■ **Required action**:
For every line in the entries that contains "Images", show the whole line.

■ **Saved data entries**:

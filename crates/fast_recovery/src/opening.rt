//! Opening a disk whose tables are kept by the logical log alone: in order,
//!
//! 1. a sync, behind which a stop leaves what is read;
//! 2. the identity and the newest checkpoint are read, which is to be the one that formatting writes;
//! 3. the blocks of the log are read from number 1 on, each once, and their records are noted;
//! 4. where a transaction is open, a ROLLBACK of it is noted; the tables that pages and rows then stand for are found;
//! 5. the places behind the log are closed;
//! 6. where a transaction is open, the ROLLBACK of it is appended and flushed.
//!
//! So a disk that is refused is as it was.
ghost use Rattle.std.specs.Prelude.{◌≡◌, ◌⊎◌, ◌≤◌, ◌<◌, ◌+◌, ◌*◌, ◌^◌, ℕ, List, [], Err, Some, None, length, IfOk, IfErr, OnOk, OnErr};
ghost use Rattle.ids_outside.specs.Counts.{Rose, last_count};
ghost use Rattle.ids_outside.specs.Images.{Image};
ghost use Rattle.ids_outside.specs.Stops.{AreAmong, Leaves, Only};
ghost use Rattle.chunk_map.specs.Layouts.{IsLayout, HasPages};
ghost use Rattle.chunk_map.specs.Checkpoints.{IsNewest, page_of};
ghost use Rattle.chunk_map.specs.Formatted.{HasLayout, IsFormatted};
ghost use Rattle.log_records.specs.Bodies.{Body};
ghost use Rattle.log_records.specs.Entries.{Entry};
ghost use Rattle.log_files.specs.Log.{body_at, EndsWhole};
ghost use Rattle.log_files.specs.Files.{IsReady, all_free, taken};
ghost use Rattle.log_buffer.specs.Buffers.{empty_at};
ghost use Rattle.fast_recovery.specs.KeptLog.{Flushed, KeepsLog, Outlives};
ghost use Rattle.ids_model.specs.Tables.{Tables};
ghost use Rattle.ids_model.specs.Recovered.{run};
ghost use Rattle.fast_recovery.specs.Found.{IsKept};
ghost use Rattle.fast_recovery.specs.Images.{first_checkpoint, log_region, page_count, Recovers};
ghost use Rattle.fast_recovery.specs.Order.{closing};
ghost use Rattle.fast_recovery.specs.Paged.{IsPaged};
ghost use Rattle.fast_recovery.specs.PagedStates.{IsPagedState};
ghost use Rattle.fast_recovery.specs.LogRead.{OpenCause, AreAlone};
ghost use Rattle.fast_recovery.specs.RowDamaged.{RowsFault};
ghost use Rattle.fast_recovery.specs.Opening.{buffer_blocks, files_from, FoundIn, SameLog, HasOpened, IsOpened, KeepsOpened, IsSince, OnlyBehind, IsUnsynced, TablesStay, IsWant, ClosingFault, IsRefusal, WasFormatted};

■ **Exercise solution**:
ghost use Rattle.ids_outside.specs.Images.{Image};
ghost use Rattle.fast_recovery.specs.Images.{first_checkpoint, log_region, page_count, Recovers};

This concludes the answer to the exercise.